**What to work on**
Look through the material below for "Synced". Copy every line that contains it.
▽
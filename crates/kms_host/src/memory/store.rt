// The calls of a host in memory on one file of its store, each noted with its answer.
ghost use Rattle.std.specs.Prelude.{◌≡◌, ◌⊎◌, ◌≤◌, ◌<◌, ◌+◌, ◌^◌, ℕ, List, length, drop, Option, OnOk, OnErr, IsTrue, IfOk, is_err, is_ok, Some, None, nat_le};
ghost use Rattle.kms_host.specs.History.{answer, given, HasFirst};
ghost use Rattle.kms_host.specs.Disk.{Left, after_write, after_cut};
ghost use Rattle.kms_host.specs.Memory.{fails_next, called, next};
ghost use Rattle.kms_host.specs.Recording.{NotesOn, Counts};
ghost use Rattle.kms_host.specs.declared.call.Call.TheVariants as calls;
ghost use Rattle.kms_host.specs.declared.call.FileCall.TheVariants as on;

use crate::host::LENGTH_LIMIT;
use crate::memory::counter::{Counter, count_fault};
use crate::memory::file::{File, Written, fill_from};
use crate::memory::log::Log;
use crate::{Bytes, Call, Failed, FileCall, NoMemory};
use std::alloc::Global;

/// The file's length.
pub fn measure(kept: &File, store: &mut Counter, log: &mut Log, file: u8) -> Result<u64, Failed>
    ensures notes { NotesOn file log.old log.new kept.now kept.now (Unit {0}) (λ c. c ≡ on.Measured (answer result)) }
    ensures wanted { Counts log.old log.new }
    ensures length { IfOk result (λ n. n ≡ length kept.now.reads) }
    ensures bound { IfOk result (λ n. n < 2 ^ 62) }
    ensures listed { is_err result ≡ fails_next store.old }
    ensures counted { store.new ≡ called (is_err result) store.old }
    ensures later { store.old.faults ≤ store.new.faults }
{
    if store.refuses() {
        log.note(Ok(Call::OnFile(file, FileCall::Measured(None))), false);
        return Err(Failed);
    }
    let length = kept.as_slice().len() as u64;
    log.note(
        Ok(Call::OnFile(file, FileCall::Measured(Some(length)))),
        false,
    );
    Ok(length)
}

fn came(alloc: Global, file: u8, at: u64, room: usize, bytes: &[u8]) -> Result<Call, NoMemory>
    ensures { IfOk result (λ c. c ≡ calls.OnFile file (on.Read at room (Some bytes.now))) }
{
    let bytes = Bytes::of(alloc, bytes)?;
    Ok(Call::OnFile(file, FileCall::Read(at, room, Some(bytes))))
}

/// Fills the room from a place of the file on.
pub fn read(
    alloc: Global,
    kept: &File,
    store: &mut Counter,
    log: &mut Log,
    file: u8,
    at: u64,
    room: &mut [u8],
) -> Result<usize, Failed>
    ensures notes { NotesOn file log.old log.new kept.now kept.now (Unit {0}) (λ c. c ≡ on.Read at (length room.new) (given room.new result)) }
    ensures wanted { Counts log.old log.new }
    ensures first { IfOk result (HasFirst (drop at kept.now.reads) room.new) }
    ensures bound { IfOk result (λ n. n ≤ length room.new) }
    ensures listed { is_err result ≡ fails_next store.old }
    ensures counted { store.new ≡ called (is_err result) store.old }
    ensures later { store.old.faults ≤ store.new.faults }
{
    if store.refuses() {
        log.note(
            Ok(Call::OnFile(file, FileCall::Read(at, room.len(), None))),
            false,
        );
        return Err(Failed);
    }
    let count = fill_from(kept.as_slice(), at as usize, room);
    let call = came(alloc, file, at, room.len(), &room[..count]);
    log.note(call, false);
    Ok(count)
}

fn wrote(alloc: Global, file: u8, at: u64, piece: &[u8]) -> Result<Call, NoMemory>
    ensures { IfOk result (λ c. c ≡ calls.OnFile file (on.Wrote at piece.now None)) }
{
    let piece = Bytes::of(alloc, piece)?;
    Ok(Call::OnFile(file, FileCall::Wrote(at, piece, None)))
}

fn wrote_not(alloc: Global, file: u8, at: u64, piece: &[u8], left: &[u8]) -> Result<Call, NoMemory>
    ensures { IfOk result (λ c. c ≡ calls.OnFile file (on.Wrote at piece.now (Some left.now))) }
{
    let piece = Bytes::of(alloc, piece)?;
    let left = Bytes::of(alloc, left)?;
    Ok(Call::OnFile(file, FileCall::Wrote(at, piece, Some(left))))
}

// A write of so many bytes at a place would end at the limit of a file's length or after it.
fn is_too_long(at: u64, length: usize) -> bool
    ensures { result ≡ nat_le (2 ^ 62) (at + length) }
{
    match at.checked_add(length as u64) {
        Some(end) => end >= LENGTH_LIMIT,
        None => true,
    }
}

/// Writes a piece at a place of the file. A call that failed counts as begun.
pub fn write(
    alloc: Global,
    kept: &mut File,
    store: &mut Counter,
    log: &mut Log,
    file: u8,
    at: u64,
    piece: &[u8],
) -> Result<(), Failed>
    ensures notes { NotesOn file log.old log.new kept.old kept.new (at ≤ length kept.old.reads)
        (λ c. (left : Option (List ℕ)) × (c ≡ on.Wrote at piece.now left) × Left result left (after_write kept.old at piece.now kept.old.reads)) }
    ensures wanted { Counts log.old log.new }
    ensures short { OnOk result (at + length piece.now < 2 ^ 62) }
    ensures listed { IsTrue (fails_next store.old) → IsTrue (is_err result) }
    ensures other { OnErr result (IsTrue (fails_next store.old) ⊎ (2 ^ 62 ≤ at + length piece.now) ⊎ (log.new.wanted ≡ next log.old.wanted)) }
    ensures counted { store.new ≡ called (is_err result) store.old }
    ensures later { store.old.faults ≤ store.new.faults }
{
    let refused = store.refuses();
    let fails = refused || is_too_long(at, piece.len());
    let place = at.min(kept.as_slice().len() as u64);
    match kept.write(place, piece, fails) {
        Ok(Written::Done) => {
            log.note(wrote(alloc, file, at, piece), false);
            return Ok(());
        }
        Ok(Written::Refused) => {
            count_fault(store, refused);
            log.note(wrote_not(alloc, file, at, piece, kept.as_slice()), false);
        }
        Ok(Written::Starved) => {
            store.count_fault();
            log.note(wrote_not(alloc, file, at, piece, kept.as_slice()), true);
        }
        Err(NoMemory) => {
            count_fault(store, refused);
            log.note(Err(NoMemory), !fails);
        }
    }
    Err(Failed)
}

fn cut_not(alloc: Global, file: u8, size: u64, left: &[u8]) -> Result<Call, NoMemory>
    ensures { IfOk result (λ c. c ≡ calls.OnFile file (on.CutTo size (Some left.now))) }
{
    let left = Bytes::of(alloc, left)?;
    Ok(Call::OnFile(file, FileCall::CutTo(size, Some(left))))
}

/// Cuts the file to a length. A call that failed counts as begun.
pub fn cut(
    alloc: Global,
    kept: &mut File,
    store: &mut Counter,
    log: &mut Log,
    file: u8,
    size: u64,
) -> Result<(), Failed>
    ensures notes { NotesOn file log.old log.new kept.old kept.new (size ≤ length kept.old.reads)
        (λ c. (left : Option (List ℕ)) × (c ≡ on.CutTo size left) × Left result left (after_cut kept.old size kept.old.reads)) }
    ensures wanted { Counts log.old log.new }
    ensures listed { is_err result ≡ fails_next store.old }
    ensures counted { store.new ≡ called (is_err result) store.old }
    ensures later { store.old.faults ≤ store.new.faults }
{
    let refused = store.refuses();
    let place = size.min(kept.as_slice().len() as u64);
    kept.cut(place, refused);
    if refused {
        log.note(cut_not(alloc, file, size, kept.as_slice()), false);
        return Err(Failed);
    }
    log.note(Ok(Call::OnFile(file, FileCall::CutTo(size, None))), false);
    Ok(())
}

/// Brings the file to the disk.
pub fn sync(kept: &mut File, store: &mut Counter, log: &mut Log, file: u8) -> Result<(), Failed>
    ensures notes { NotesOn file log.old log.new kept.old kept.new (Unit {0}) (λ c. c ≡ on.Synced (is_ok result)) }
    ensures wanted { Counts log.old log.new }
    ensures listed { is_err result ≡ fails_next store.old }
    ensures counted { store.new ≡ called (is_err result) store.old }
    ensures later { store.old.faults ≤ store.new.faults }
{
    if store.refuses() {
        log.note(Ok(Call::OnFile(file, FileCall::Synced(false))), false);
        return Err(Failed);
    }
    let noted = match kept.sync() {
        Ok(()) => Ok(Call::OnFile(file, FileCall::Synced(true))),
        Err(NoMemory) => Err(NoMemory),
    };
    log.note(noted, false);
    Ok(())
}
△
**Task solution**
    ensures notes { NotesOn file log.old log.new kept.old kept.new (Unit {0}) (λ c. c ≡ on.Synced (is_ok result)) }
        log.note(Ok(Call::OnFile(file, FileCall::Synced(false))), false);
        Ok(()) => Ok(Call::OnFile(file, FileCall::Synced(true))),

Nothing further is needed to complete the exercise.